In order to return a row, so we can return a value, like a 0 for a COUNT, we need to insure that we return at least one row from the inline view v. Since we are guaranteed exactly one row from the inline view aliased as c (which initializes our user defined variables), we'll use that as the "driving" table for a LEFT [OUTER] JOIN operation.
But, if the table is empty, our our row counter (#rn) coming out of v is going to have a value of 1. But we'll deal with that, we have the e.ne we can check to know if the count should really be returned as 0.
In order to calculate the average, we can't divide by the row counter, we have to divide by the number of rows where col was not null. We use the #cc user defined variable to keep track of the count of those rows.

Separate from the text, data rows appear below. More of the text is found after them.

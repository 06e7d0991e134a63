// Relay cells from the client's side.

ghost use Rattle.std.specs.Prelude.{◌≡◌, ℕ, ◌+◌, ◌≤◌, [], ◌∷◌, List, not, nat_le, ◌==◌, ◌&&◌, if◌then◌else◌, Some, None, IfOk, OnErr, IsTrue, IfSome};
ghost use Rattle.tor_spec.specs.CellCommands.{relay_early_command};
ghost use Rattle.circuit_model.specs.Events.{Event};
ghost use Rattle.circuit_model.specs.declared.event.Event.TheVariants.{Forward};
ghost use Rattle.circuit_model.specs.Log.{Log};
ghost use Rattle.circuit_model.specs.Rules.{Rules as ModelRules};
ghost use Rattle.circuit_model.specs.NextHop.{next_hop};
ghost use Rattle.circuit_model.specs.Effects.{passed_on};
ghost use Rattle.circuit_model.specs.Received.{relay_early_limit};
ghost use Rattle.circuit_model.specs.Words.{effects, log};
ghost use Rattle.sendme_windows.specs.WindowsState.{KeepsLimits};
ghost use Rattle.circ_relay.specs.OpenedBodies.{is_data_for_live};
ghost use Rattle.circ_relay.specs.EdgeEvents.{stream_of_order};
ghost use Rattle.circ_relay.specs.CircuitOfLog.{IsCircuit, HasCalls, HasParts};
ghost use Rattle.circ_relay.specs.OpenedBodies.{IsOpened};
ghost use Rattle.circ_relay.specs.Values.{effects_of, rules_of};

use crate::circuit::Circuit;
use crate::effects::Effects;
use crate::rules::Rules;
use cell_codec::{Bytes, command as cell_command, destroy_reason};
use circuit_model::NextHop;
use relay_cell::{Opened, command, read_head};
use std::alloc::{AllocError, Global};

/// How many RELAY_EARLY cells a circuit takes (tor-spec, "Handling RELAY_EARLY cells").
const MOST_EARLY: u8 = 8;

/// Answers about names may be kept for so many seconds.
pub(crate) const TIME_TO_LIVE: u32 = 60;

impl Circuit {
    /// A relay cell from the client's side, with this relay's layer taken off: `command` is RELAY or
    /// RELAY_EARLY. It takes memory for DATA to a live stream alone; without it nothing changes.
    #[inline(always)] // A body that is passed on is then copied to its place at the caller.
    pub fn forward(
        &mut self,
        alloc: Global,
        rules: &Rules,
        opened: &Opened,
        command: u8,
    ) -> Result<Effects, AllocError>
        requires { HasCalls self.old }
        ensures effects { IfOk result (λ outcome. (h : List Event) (body : List ℕ) → IsCircuit self.old (rules_of rules.now) h
            → IsOpened opened.now (log (rules_of rules.now) h) body
            → effects_of outcome ≡ effects (rules_of rules.now) h (Forward command body)) }
        ensures circuit { IfOk result (λ outcome. (h : List Event) (body : List ℕ) → IsCircuit self.old (rules_of rules.now) h
            → IsOpened opened.now (log (rules_of rules.now) h) body → outcome.close ≡ None
            → IsCircuit self.new (rules_of rules.now) (Forward command body ∷ h)) }
        ensures windows { self.new.windows.calls ≤ self.old.windows.calls + 1 }
        ensures places { self.new.places.calls ≤ self.old.places.calls + 1 }
        ensures packaged { self.new.packager.padding.count ≤ self.old.packager.padding.count + 1 }
        ensures limits { KeepsLimits self.old.windows self.new.windows }
        ensures err { OnErr result (self.new ≡ self.old) }
        ensures number { self.new.number ≡ self.old.number }
        ensures order { IfOk result (λ outcome. IfSome outcome.edge (λ order. (stream_of_order order).circ ≡ self.old.number)) }
        ensures memory { OnErr result (IsTrue (is_data_for_live opened.now self.old.places)) }
    {
        let Some(digest) = opened.recognised else {
            return Ok(self.for_next_hop(opened, command));
        };
        let room = if self.carries(opened) {
            Bytes::with_room(alloc, 498)?
        } else {
            Bytes::new(alloc)
        };
        let mut outcome = Effects::none();
        self.for_this_relay(rules, opened, digest, command, room, &mut outcome);
        Ok(outcome)
    }

    /// The same without taking memory: the bytes of an order go into `room`.
    #[inline(always)]
    pub fn forward_reserved(
        &mut self,
        rules: &Rules,
        opened: &Opened,
        command: u8,
        room: Bytes,
    ) -> Effects
        requires calls { HasCalls self.old }
        requires empty { room.items ≡ [] }
        requires ample { 498 ≤ room.spare }
        ensures effects { (h : List Event) (body : List ℕ) → IsCircuit self.old (rules_of rules.now) h →
            IsOpened opened.now (log (rules_of rules.now) h) body →
            effects_of result ≡ effects (rules_of rules.now) h (Forward command body) }
        ensures circuit { (h : List Event) (body : List ℕ) → IsCircuit self.old (rules_of rules.now) h →
            IsOpened opened.now (log (rules_of rules.now) h) body → result.close ≡ None →
            IsCircuit self.new (rules_of rules.now) (Forward command body ∷ h) }
        ensures windows { self.new.windows.calls ≤ self.old.windows.calls + 1 }
        ensures places { self.new.places.calls ≤ self.old.places.calls + 1 }
        ensures packaged { self.new.packager.padding.count ≤ self.old.packager.padding.count + 1 }
        ensures limits { KeepsLimits self.old.windows self.new.windows }
        ensures number { self.new.number ≡ self.old.number }
        ensures order { IfSome result.edge (λ order. (stream_of_order order).circ ≡ self.old.number) }
    {
        let Some(digest) = opened.recognised else {
            return self.for_next_hop(opened, command);
        };
        let mut outcome = Effects::none();
        self.for_this_relay(rules, opened, digest, command, room, &mut outcome);
        outcome
    }

    // Whether the cell is DATA for a stream that is live.
    fn carries(&self, opened: &Opened) -> bool
        ensures { result ≡ is_data_for_live opened.now self.now.places }
    {
        match read_head(&opened.body) {
            Some(head) => {
                opened.recognised.is_some()
                    && head.command == command::DATA
                    && self.live_place(head.stream).is_some()
            }
            None => false,
        }
    }

    // A cell that isn't recognised.
    fn for_next_hop(&mut self, opened: &Opened, command: u8) -> Effects
        requires { opened.now.recognised ≡ None }
        ensures effects { (rules : ModelRules) (h : List Event) (body : List ℕ) → IsCircuit self.old rules h →
            IsOpened opened.now (log rules h) body → effects_of result ≡ effects rules h (Forward command body) }
        ensures circuit { (rules : ModelRules) (h : List Event) (body : List ℕ) → IsCircuit self.old rules h →
            IsOpened opened.now (log rules h) body → result.close ≡ None → IsCircuit self.new rules (Forward command body ∷ h) }
        ensures orderless { result.edge ≡ None }
        ensures rest { self.new ≡ record self.old { early_cells = self.new.early_cells } }
    {
        if !self.counts(command) {
            return Effects::closing(destroy_reason::PROTOCOL);
        }
        self.passed_on(command, &opened.body)
    }

    // Counts a RELAY_EARLY, unless it is one more than a circuit takes.
    pub(crate) fn counts(&mut self, command: u8) -> bool
        ensures test { result ≡ not ((command == relay_early_command) && nat_le relay_early_limit self.old.early_cells) }
        ensures early { IsTrue result →
            self.new.early_cells ≡ (if command == relay_early_command then self.old.early_cells + 1 else self.old.early_cells) }
        ensures rest { self.new ≡ record self.old { early_cells = self.new.early_cells } }
    {
        if command != cell_command::RELAY_EARLY {
            return true;
        }
        if self.early_cells >= MOST_EARLY {
            return false;
        }
        self.early_cells += 1;
        true
    }

    // A body for another hop goes on with the command of its cell, if there is a next hop.
    fn passed_on(&self, command: u8, body: &[u8; 509]) -> Effects
        ensures effects { (log : Log) → HasParts self.now log →
            effects_of result ≡ passed_on (next_hop log) (record { command = command; body = body.now }) }
        ensures orderless { result.edge ≡ None }
    {
        match self.next_hop {
            NextHop::There => Effects {
                back: None,
                forth: Some((command, *body)),
                edge: None,
                dial: None,
                cut: false,
                close: None,
            },
            _ => Effects::closing(destroy_reason::PROTOCOL),
        }
    }
}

Similarly, for the SUM (and the average) we need to accumulate only the non-NULL values. (If we were to add a NULL, it would turn the whole total to NULL, basically wiping out are accumulation. So, we're going to do a conditional test to check if t.col IS NULL, to avoid accidentally wiping out the accumulation. And our accumulator is going to be a 0 if there aren't any rows that are not null. But that's not a problem, because we'll make sure we check our #cc to see if there were any rows that were included. We're going to need to check it anyway, to avoid a "divide by zero" issue.
To test, run against the empty table foo. It will return a count of 0, and NULL for SUM and AVG, equivalent to the result we get from:
SELECT COUNT(*), SUM(col), AVG(col) FROM foo;
We can also test the query against a table containing only NULL values for col:
INSERT INTO `foo` (col) VALUES (NULL);
As well as some non-NULL values:
INSERT INTO `foo` (col) VALUES (2),(3),(5),(7),(11),(13),(17),(19);
And compare the results of the two queries.
This essentially the same as the answer from Gordon Linoff, with just a little more precision to work around the corner cases of NULL values and the empty table.